* _ASSIGNMENT_: Which lines run from the one containing "r. All HasRun" to the end of the entries? Quote them exactly, and nothing else.

* _SUPPLIED RECORDS_:
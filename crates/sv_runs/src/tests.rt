//! Worked examples.
ghost use Rattle.std.specs.Prelude.{◌<◌, All, IfOk};
ghost use Rattle.sv_runs.specs.Grouped.{HasNoteRun, HasRun};

use super::*;
use std::alloc::{AllocError, Global};
use std::test::Fail;
use sv_mask::Layout;
use sv_model::work::{Access, Area, FenceNote, Kind, LayoutNote, Note, Place, Reply, Report, What};
use sv_range::{Cells, List, Span};

const PLACE: Place = Place {
    event: 1,
    batch: 0,
    slot: 0,
    rec: 0,
    cmd: 0,
};

fn access(step: u64) -> Access {
    Access {
        area: Area::Bytes {
            res: 0,
            span: Span { start: 0, end: 64 },
        },
        what: What::Transition,
        queue: 0,
        sub: None,
        layout: None,
        place: PLACE,
        step,
        pos: 0,
    }
}

fn report(start: u64, end: u64, later: u64) -> Report
    requires { start < end }
    ensures { HasRun result }
{
    Report {
        area: Area::Bytes {
            res: 0,
            span: Span { start, end },
        },
        later: access(later),
        earlier: access(0),
        kind: Kind::Waw,
    }
}

fn note(layer: u32, reports_before: u64) -> Note
    requires { layer < 4 }
    ensures { HasNoteRun result }
{
    Note::Layout(LayoutNote {
        area: Area::Image {
            res: 1,
            cells: Cells {
                mip: 0,
                mips: 1,
                layer,
                layers: 1,
            },
        },
        what: None,
        place: PLACE,
        declared: Layout::General,
        found: Layout::Undefined,
        step: 1,
        pos: 0,
        part: 0,
        reports_before,
    })
}

fn fence(reports_before: u64) -> Note
    ensures { HasNoteRun result }
{
    Note::Fence(FenceNote {
        fence: 0,
        event: 1,
        reports_before,
    })
}

// The ends of the reports, and the numbers of reports before the notes.
fn shape(alloc: Global, reply: &Reply) -> Result<(Vec<u64>, Vec<u64>), AllocError> {
    let mut ends = Vec::new(alloc);
    for report in reply.reports.as_slice() {
        if let Area::Bytes { span, .. } = report.area {
            ends.push(span.end)?;
        }
    }
    let mut numbers = Vec::new(alloc);
    for note in reply.notes.as_slice() {
        match *note {
            Note::Layout(layout) => numbers.push(layout.reports_before)?,
            Note::Fence(fence) => numbers.push(fence.reports_before)?,
            _ => {}
        }
    }
    Ok((ends, numbers))
}

// Two bytes of one access, then one of a later access that goes on from them; two layers with one note, and
// a fence.
fn reply(alloc: Global) -> Result<Reply, AllocError>
    ensures reports { IfOk result (λ r. All HasRun r.reports) }
    ensures notes { IfOk result (λ r. All HasNoteRun r.notes) }
{
    let (first, second, later) = (report(0, 4, 1), report(4, 8, 1), report(8, 12, 2));
    let (low, high, last) = (note(0, 2), note(1, 2), fence(3));
    Ok(Reply {
        reports: List::from_vec(vec![in alloc; first, second, later]?),
        notes: List::from_vec(vec![in alloc; low, high, last]?),
    })
}

#[test]
fn joins_neighbours(rt: HostRuntime) -> Result<(), Fail> {
    let alloc = rt.alloc();
    let reply = reply(alloc)?;
    let grouped = group(alloc, &reply)?;
    let (ends, numbers) = shape(alloc, &grouped)?;
    assert_eq!(rt; ends.as_slice(), [8u64, 12].as_slice());
    assert_eq!(rt; numbers.as_slice(), [1u64, 2].as_slice());
    Ok(())
}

* _ANSWER AREA_:
    ensures reports { IfOk result (λ r. All HasRun r.reports) }
    ensures notes { IfOk result (λ r. All HasNoteRun r.notes) }
{
    let (first, second, later) = (report(0, 4, 1), report(4, 8, 1), report(8, 12, 2));
    let (low, high, last) = (note(0, 2), note(1, 2), fence(3));
    Ok(Reply {
        reports: List::from_vec(vec![in alloc; first, second, later]?),
        notes: List::from_vec(vec![in alloc; low, high, last]?),
    })
}

#[test]
fn joins_neighbours(rt: HostRuntime) -> Result<(), Fail> {
    let alloc = rt.alloc();
    let reply = reply(alloc)?;
    let grouped = group(alloc, &reply)?;
    let (ends, numbers) = shape(alloc, &grouped)?;
    assert_eq!(rt; ends.as_slice(), [8u64, 12].as_slice());
    assert_eq!(rt; numbers.as_slice(), [1u64, 2].as_slice());
    Ok(())
}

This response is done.